Пришлось помочь одеться Стенли, потом одеться самому, придумать как закрепить рюкзаки на лямках и только после этого отправится в путь следом за медведем. Андрюха не соврал — свыше десяти километров в такой одежде мы вряд ли пройдём…

* * *

Андрюха ошибся. И я тоже. Даже Стенли ошибся, хоть он ничего не говорил, и вряд ли думал о чём-то подобном. Десять километров — это далеко не придел. Мы прошли двадцать километров с лишним. Двадцать долгих, изнурительных, полных боли и усталости километров. Ветер уничтожил кожу на наших лицах, а снег довёл мышцы ног и всего тела до безумия. Глубокий, выше колена, плотный снег. Угрх как мог топтал дорогу, но легче нам от этого не становилось. Порой медведь вытаскивал нас из ям, в которые мы скатывались, будто колобки. Мы психовали, материли медведя и горы, но продолжали идти. Неуклюжие — самое подходящее слово, которое характеризует нас в полной мере.

— Я так больше не могу! — крикнул Андрюха и плюхнулся задницей в снег.

Даже Стенли, молчание которого давно стало привычно, ругается на английском, постоянно используя слова «fuck». Сложно ему, наверное. То ли дело русский мат и его производные. Любую ситуацию можно объяснить одним, несоизмеримо ёмким, словом. Одних вариантов всем известного слова из трёх букв не один десяток наберётся.

Угрх остановился, развернулся, подошёл к сидящему в снегу Андрюхе и одним ленивым движением вернул его на тропу, которую сам натоптал. Тихо прорычал:

— Нам нужно спуститься к плато. Там устроим привал. Я ищу вам еду. Продолжаем…

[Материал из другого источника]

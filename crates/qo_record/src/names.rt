//! The names of sessions in a recorded stream.

ghost use Rattle.std.specs.Prelude.{◌≡◌, ◌≤◌, [], length, option_copied, option_map, IfSome};
ghost use Rattle.std.specs.List.{list_all};
ghost use Rattle.qo_causes.specs.Names.{name_of, no_names};
ghost use Rattle.qo_record.specs.Names.{has_name, is_name, is_name_byte, is_open, least_free, number_named};
ghost use Rattle.qo_record.specs.Record.{name_until, number_at, opening_at, session_at};
ghost use Rattle.qo_record.specs.Spelling.{named_by};
ghost use Rattle.qo_record.specs.Streams.{IsOfSixteen, IsWithin, spelled_with};
ghost use Rattle.qo_record.specs.declared.versions.Version.TheVariants as Version;

use crate::reading::{number_until, word_until};
use crate::versions::Version;
use qo_causes::What;
use std::marker::Model;

/// The most bytes of a name.
const NAME_MAX: usize = 32;

/// The last number of a session.
const LAST_SESSION: u64 = 15;

/// The name of a session: at most 32 bytes. Contracts see the list of the bytes.
#[derive(Drop)]
pub(crate) struct SessionName {
    bytes: [u8; NAME_MAX],
    len: usize,
}

impl Model for SessionName {
    ghost use Rattle.std.specs.Prelude.{ℕ, List, ◌≤◌, take};

    ghost Value = { List ℕ };

    ghost view = { λ n. take n.len n.bytes };

    ghost invariant = { λ n. n.len ≤ 32 };
}

impl SessionName {
    /// The name of these bytes.
    pub(crate) fn from_slice(name: &[u8]) -> SessionName
        requires { length name.now ≤ 32 }
        ensures { result ≡ name.now }
    {
        let mut bytes = [0; NAME_MAX];
        bytes[..name.len()].copy_from_slice(name);
        SessionName {
            bytes,
            len: name.len(),
        }
    }

    /// No bytes.
    pub(crate) fn empty() -> SessionName
        ensures { result ≡ [] }
    {
        SessionName {
            bytes: [0; NAME_MAX],
            len: 0,
        }
    }

    /// The bytes.
    pub(crate) fn as_slice(&self) -> &[u8]
        ensures { result.now ≡ self.now }
    {
        &self.bytes[..self.len]
    }
}

/// By its number, the name of each session that is open.
pub(crate) type SessionNames = [Option<SessionName>; 16];

/// No session is open.
pub(crate) fn none_open() -> SessionNames
    ensures { result ≡ no_names }
{
    [
        None, None, None, None, None, None, None, None, None, None, None, None, None, None, None,
        None,
    ]
}

/// A session as an entry names it: its number, and its name as it is spelled there.
#[derive(Clone, Copy)]
pub(crate) struct Session<'a> {
    pub(crate) number: u8,
    pub(crate) name: &'a [u8],
}

/// Whether a byte may stand in a name behind its first.
fn is_name_byte(byte: u8) -> bool
    ensures { result ≡ is_name_byte byte }
{
    byte.is_ascii_lowercase() || byte.is_ascii_digit() || byte == b'-'
}

/// Whether bytes may all stand in a name.
fn are_name_bytes(bytes: &[u8]) -> bool
    ensures { result ≡ list_all is_name_byte bytes.now }
{
    bytes.iter().all(|byte| is_name_byte(*byte))
}

/// Whether bytes are the name of a session.
#[tactic(auto, unfolding(crate::specs::Names::is_name))]
fn is_name(name: &[u8]) -> bool
    ensures { result ≡ is_name name.now }
{
    let Some(first) = name.first() else {
        return false;
    };
    first.is_ascii_lowercase()
        && name.len() <= NAME_MAX
        && name != b"g".as_slice()
        && are_name_bytes(name)
}

/// Whether a session has the name.
fn has_name(held: &Option<SessionName>, name: &[u8]) -> bool
    ensures { result ≡ has_name name.now held.now }
{
    match held {
        Some(held) => held.as_slice() == name,
        None => false,
    }
}

/// Where the name of an open session stands.
#[tactic(auto, unfolding(crate::specs::Names::number_named))]
fn place_named(names: &SessionNames, name: &[u8]) -> Option<usize>
    ensures place { result ≡ number_named names.now name.now }
    ensures bound { IfSome result (λ s. s ≤ 15) }
{
    names.iter().position(|held| has_name(held, name))
}

/// The number of the open session of a name.
fn number_named(names: &SessionNames, name: &[u8]) -> Option<u8>
    ensures number { result ≡ number_named names.now name.now }
    ensures bound { IfSome result (λ s. s ≤ 15) }
{
    Some(place_named(names, name)? as u8)
}

/// The first place at which no name stands.
#[tactic(auto, unfolding(crate::specs::Names::least_free))]
fn free_place(names: &SessionNames) -> Option<usize>
    ensures place { result ≡ least_free names.now }
    ensures bound { IfSome result (λ s. s ≤ 15) }
{
    names.iter().position(|held| held.is_none())
}

/// The least number that no open session has.
fn least_free(names: &SessionNames) -> Option<u8>
    ensures number { result ≡ least_free names.now }
    ensures bound { IfSome result (λ s. s ≤ 15) }
{
    Some(free_place(names)? as u8)
}

/// The name of a session by its number, where it has one.
pub(crate) fn name_of(names: &SessionNames, number: u8) -> Option<&SessionName>
    ensures { option_copied result ≡ name_of names.now number }
{
    match names.get(usize::from(number)) {
        Some(Some(name)) => Some(name),
        Some(None) | None => None,
    }
}

/// Whether the session of a number is open.
fn is_open(names: &SessionNames, number: u8) -> bool
    ensures { result ≡ is_open names.now number }
{
    name_of(names, number).is_some()
}

/// A name, and the bytes after the byte that ends it.
fn name_until(stop: u8, bytes: &[u8]) -> Option<(&[u8], &[u8])>
    ensures name { option_map (λ x. (x.0.now, x.1.now)) result ≡ name_until stop bytes.now }
    ensures few { IfSome result (λ x. length x.0.now ≤ 32) }
{
    let (name, rest) = word_until(stop, bytes)?;
    if is_name(name) {
        Some((name, rest))
    } else {
        None
    }
}

/// A session by its number, and the bytes after the byte that ends it.
fn number_at(stop: u8, bytes: &[u8]) -> Option<(Session<'_>, &[u8])>
    ensures number { option_map spelled_with result ≡ number_at stop bytes.now }
    ensures within { IfSome result (λ x. IsWithin x.0) }
{
    let (number, rest) = number_until(stop, LAST_SESSION, bytes)?;
    let session = Session {
        number: number as u8,
        name: &bytes[..bytes.len() - rest.len() - 1],
    };
    Some((session, rest))
}

/// The session that opens by an entry of the first version: it is not open.
fn opening_by_number<'a>(names: &SessionNames, bytes: &'a [u8]) -> Option<(Session<'a>, &'a [u8])>
    ensures session { option_map spelled_with result ≡ opening_at Version.One names.now bytes.now }
    ensures within { IfSome result (λ x. IsWithin x.0) }
{
    let (session, rest) = number_at(b'\n', bytes)?;
    if is_open(names, session.number) {
        return None;
    }
    Some((session, rest))
}

/// The session that opens by an entry of the second version: no open session has its name, and its number is the
/// least that is free.
fn opening_by_name<'a>(names: &SessionNames, bytes: &'a [u8]) -> Option<(Session<'a>, &'a [u8])>
    ensures session { option_map spelled_with result ≡ opening_at Version.Two names.now bytes.now }
    ensures within { IfSome result (λ x. IsWithin x.0) }
{
    let (name, rest) = name_until(b'\n', bytes)?;
    if number_named(names, name).is_some() {
        return None;
    }
    let number = least_free(names)?;
    Some((Session { number, name }, rest))
}

/// The session that opens, and the bytes after its line.
pub(crate) fn opening_at<'a>(
    version: Version,
    names: &SessionNames,
    bytes: &'a [u8],
) -> Option<(Session<'a>, &'a [u8])>
    ensures session { option_map spelled_with result ≡ opening_at version names.now bytes.now }
    ensures within { IfSome result (λ x. IsWithin x.0) }
{
    match version {
        Version::One => opening_by_number(names, bytes),
        Version::Two => opening_by_name(names, bytes),
    }
}

/// An open session by its number.
fn session_by_number<'a>(
    names: &SessionNames,
    stop: u8,
    bytes: &'a [u8],
) -> Option<(Session<'a>, &'a [u8])>
    ensures session { option_map spelled_with result ≡ session_at Version.One names.now stop bytes.now }
    ensures within { IfSome result (λ x. IsWithin x.0) }
{
    let (session, rest) = number_at(stop, bytes)?;
    if !is_open(names, session.number) {
        return None;
    }
    Some((session, rest))
}

/// An open session by its name.
fn session_by_name<'a>(
    names: &SessionNames,
    stop: u8,
    bytes: &'a [u8],
) -> Option<(Session<'a>, &'a [u8])>
    ensures session { option_map spelled_with result ≡ session_at Version.Two names.now stop bytes.now }
    ensures within { IfSome result (λ x. IsWithin x.0) }
{
    let (name, rest) = name_until(stop, bytes)?;
    let number = number_named(names, name)?;
    Some((Session { number, name }, rest))
}

/// A session that is open, and the bytes after the byte that ends it.
#[inline(always)]
pub(crate) fn session_at<'a>(
    version: Version,
    names: &SessionNames,
    stop: u8,
    bytes: &'a [u8],
) -> Option<(Session<'a>, &'a [u8])>
    ensures session { option_map spelled_with result ≡ session_at version names.now stop bytes.now }
    ensures within { IfSome result (λ x. IsWithin x.0) }
{
    match version {
        Version::One => session_by_number(names, stop, bytes),
        Version::Two => session_by_name(names, stop, bytes),
    }
}

/// Names the session that opens, and lets go of the name of one that is shut.
pub(crate) fn rename(names: &mut SessionNames, name: SessionName, what: &What)
    requires { IsOfSixteen what.now }
    ensures { names.new ≡ named_by names.old name what.now }
{
    match what {
        What::Open(number) => names[usize::from(*number)] = Some(name),
        What::Shut(number) => names[usize::from(*number)] = None,
        What::Bytes(..) | What::Guest(_) | What::Step(_) | What::End => {}
    }
}
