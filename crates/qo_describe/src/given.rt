//! What was given for the properties of devices and of users' objects.

ghost use Rattle.std.specs.Prelude.{◌≡◌, if◌then◌else◌, IfOk, OnOk, map};
ghost use Rattle.std.specs.Option.{option_map_or};
ghost use Rattle.serde_json.specs.Data.{object};
ghost use Rattle.serde_json.specs.View.{members_view, view};
ghost use Rattle.qo_values.specs.declared.properties.Val.TheVariants as val;
ghost use Rattle.qo_model.specs.Board.{Board, slot_named};
ghost use Rattle.qo_model.specs.RowNames.{property_name};
ghost use Rattle.qo_model.specs.Properties.{target_text};
ghost use Rattle.qo_object.specs.BoardObject.{birth_of, shown_slot};
ghost use Rattle.qo_heap.specs.Board.{Shows};
ghost use Rattle.qo_heap.specs.Rows.{IsLive};
ghost use Rattle.qo_save.specs.Described.{given_in, is_nothing, is_unset, prop_under, props_under};
ghost use Rattle.qo_save.specs.Description.{props_members};
ghost use Rattle.qo_describe.specs.Given.{given_names, left_out, with_prop};

use qo_heap::{Heap, Oid, Slot, Steps};
use qo_model::PropertyName;
use qo_properties::{copy_of, target_text};
use qo_values::{Text, Val, to_json};
use serde_json::{Map, Value, put};
use std::alloc::{AllocError, Global};
use std::sync::ledger::Ledger;

/// Whose properties are told.
#[derive(Clone, Copy, Debug)]
pub(crate) enum Owner {
    /// Those of a device; an empty text says nothing.
    Device,
    /// Those of a user's object.
    Object,
}

/// Whether a value is none.
fn is_nothing(val: &Val) -> bool
    ensures { result ≡ is_nothing val.now }
{
    matches!(val, Val::Nothing)
}

/// Whether a value says nothing of a device.
fn is_unset(val: &Val) -> bool
    ensures { result ≡ is_unset val.now }
{
    match val {
        Val::Text(text) => text.as_str().is_empty(),
        _ => is_nothing(val),
    }
}

impl Owner {
    /// The names of the properties that are told, in byte order.
    fn names(self) -> &'static [PropertyName]
        ensures { map property_name result.now ≡ given_names self }
    {
        match self {
            Owner::Device => &[
                PropertyName::Addr,
                PropertyName::Chardev,
                PropertyName::Memdev,
            ],
            Owner::Object => &[
                PropertyName::Flag,
                PropertyName::Number,
                PropertyName::Size,
                PropertyName::Text,
            ],
        }
    }

    /// Whether a value is left out.
    fn leaves_out(self, val: &Val) -> bool
        ensures { result ≡ left_out self val.now }
    {
        match self {
            Owner::Device => is_unset(val),
            Owner::Object => is_nothing(val),
        }
    }
}

/// What a link has of it: the path of the target, where it is strong.
fn target_given<L: Ledger>(
    heap: &Heap,
    strong: bool,
    target: Option<Oid>,
    alloc: Global,
    steps: &mut Steps<L>,
) -> Result<Val, AllocError>
    ensures { (b : Board) → Shows b heap.now → IfOk result (λ given. given ≡ (if strong then val.Text (target_text b (birth_of target)) else val.Nothing)) }
{
    if !strong {
        return Ok(Val::Nothing);
    }
    let path = target_text(heap, target, alloc, steps)?;
    Ok(Val::Text(Text::from_string(path)))
}

/// What a slot has of what was given: a value, or the path of a target.
fn given_in<L: Ledger>(
    heap: &Heap,
    what: &Slot,
    alloc: Global,
    steps: &mut Steps<L>,
) -> Result<Val, AllocError>
    ensures { (b : Board) → Shows b heap.now → IfOk result (λ given. given ≡ given_in b (shown_slot what.now)) }
{
    match what {
        Slot::Plain(val) => copy_of(val, alloc),
        Slot::Link { strong, target, .. } => target_given(heap, *strong, *target, alloc, steps),
        Slot::Child(_) | Slot::Alias(_, _) => Ok(Val::Nothing),
    }
}

/// What a property of an object has of what was given; nothing where the object has no such property.
fn given_at<L: Ledger>(
    heap: &Heap,
    o: Oid,
    name: PropertyName,
    alloc: Global,
    steps: &mut Steps<L>,
) -> Result<Val, AllocError>
    requires { IsLive heap.now.rows o }
    ensures { (b : Board) → Shows b heap.now → IfOk result (λ given. given ≡ option_map_or (given_in b) (slot_named b o.birth (property_name name)) val.Nothing) }
{
    match heap.property(o, name, steps) {
        Some(slot) => given_in(heap, slot.what, alloc, steps),
        None => Ok(Val::Nothing),
    }
}

/// Puts a property of an object among members, where something is said of it.
fn put_given<L: Ledger>(
    heap: &Heap,
    o: Oid,
    owner: Owner,
    name: PropertyName,
    members: &mut Map<String, Value>,
    alloc: Global,
    steps: &mut Steps<L>,
) -> Result<(), AllocError>
    requires { IsLive heap.now.rows o }
    ensures { OnOk result ((b : Board) → Shows b heap.now → members_view members.new.entries ≡ with_prop (prop_under b (left_out owner) o.birth (property_name name)) (members_view members.old.entries)) }
{
    let given = given_at(heap, o, name, alloc, steps)?;
    if owner.leaves_out(&given) {
        return Ok(());
    }
    let value = to_json(alloc, &given)?;
    put(members, alloc, name.as_str(), value)?;
    Ok(())
}

/// The properties of an object as a JSON object.
pub(crate) fn props_value<L: Ledger>(
    heap: &Heap,
    o: Oid,
    owner: Owner,
    alloc: Global,
    steps: &mut Steps<L>,
) -> Result<Value, AllocError>
    requires { IsLive heap.now.rows o }
    ensures { (b : Board) → Shows b heap.now → IfOk result (λ v. view v ≡ object (props_members (props_under b (left_out owner) (given_names owner) o.birth))) }
{
    let mut members = Map::new(alloc);
    let names = owner.names();
    for name in names {
        put_given(heap, o, owner, *name, &mut members, alloc, steps)?;
    }
    Ok(Value::Object(members))
}
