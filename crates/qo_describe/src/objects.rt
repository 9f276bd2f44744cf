//! Users' objects, as they were added.

ghost use Rattle.std.specs.Prelude.{◌≡◌, ◌++◌, [], ◌∷◌, map, option_map, Some, IfOk, OnOk};
ghost use Rattle.serde_json.specs.Data.{string};
ghost use Rattle.serde_json.specs.View.{view};
ghost use Rattle.qo_heap.specs.Board.{Shows};
ghost use Rattle.qo_heap.specs.Rows.{IsLive};
ghost use Rattle.qo_model.specs.Board.{Board};
ghost use Rattle.qo_save.specs.Described.{object_item};
ghost use Rattle.qo_save.specs.Description.{named, object_data, object_names};
ghost use Rattle.qo_describe.specs.Told.{entry_told};
ghost use Rattle.qo_describe.specs.declared.parts.Part.TheVariants.{Objects};

use crate::given::{Owner, props_value};
use qo_heap::{Heap, Oid, Steps};
use serde_json::{Value, json};
use std::alloc::{AllocError, Global};
use std::sync::ledger::Ledger;

/// A user's object as a JSON object.
fn object_json(alloc: Global, id: &str, props: Value, kind: &str) -> Result<Value, AllocError>
    ensures { IfOk result (λ v. view v ≡ named object_names (string id.now ∷ view props ∷ string kind.now ∷ [])) }
{
    json!(in alloc; {"id": id, "props": props, "type": kind})
}

/// A user's object of an id.
fn object_value<L: Ledger>(
    heap: &Heap,
    id: &str,
    o: Oid,
    alloc: Global,
    steps: &mut Steps<L>,
) -> Result<Value, AllocError>
    requires { IsLive heap.now.rows o }
    ensures { (b : Board) → Shows b heap.now → IfOk result (λ v. option_map object_data (object_item b (id.now, o.birth)) ≡ Some (view v)) }
{
    let props = props_value(heap, o, Owner::Object, alloc, steps)?;
    let kind = heap.kind(o, steps).name();
    object_json(alloc, id, props, kind)
}

/// Adds a user's object of an id to a list.
pub(crate) fn push_object<L: Ledger>(
    heap: &Heap,
    id: &str,
    o: Oid,
    values: &mut Vec<Value>,
    alloc: Global,
    steps: &mut Steps<L>,
) -> Result<(), AllocError>
    requires { IsLive heap.now.rows o }
    ensures { OnOk result ((b : Board) → Shows b heap.now → map view values.new.items ≡ map view values.old.items ++ entry_told Objects b (id.now, o.birth)) }
{
    values.push(object_value(heap, id, o, alloc, steps)?)?;
    Ok(())
}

Я несильно толкнул Стенли в спину, и он побрёл за Андрюхой. Угрх не говорит, сколько километров нам осталось до привала. Снег и ветер создали нулевую видимость. Придётся терпеть…

* * *

Сложность возникла на узкой тропе, огибающей похожую на клык скалу. Тропку рубили без энтузиазма и получилась она не шире половины метра. Слева обледенелый, лишённый выступов, камень. Справа пустота. Пропасть, как заверил Угрх, не глубокая. Даже испугаться не успеешь, пока будешь лететь. Нам от этого не легче.

Двести с небольшим метров по тропе мы прошли паровозиком. Я вцепился в рюкзак медведя мёртвой хваткой и не отпускал его, пока мы не вышли на безопасный участок. На замершие пальцы было плевать. Не чернеют и слава Богу.

Следующим препятствием стал крутой спуск. Уклон более сорока пяти градусов. В отсутствии снега на спуске имеется вырубленная в камне лестница, но сейчас она стала похожа на самую настоящую ледяную горку. Угрх достал из своего рюкзака верёвку, позаимствованную у берсерка, и привязал её к одному из наспех откопанных камней. Сам он спустился без особого труда. Задом и на корточках. Втыкал в лёд когти, тем самым не давая себе скатится. У нас когтей нет, а бутсы из шкуры, которые мы натянули поверх ботинок, давно покрылись толстой ледяной коркой.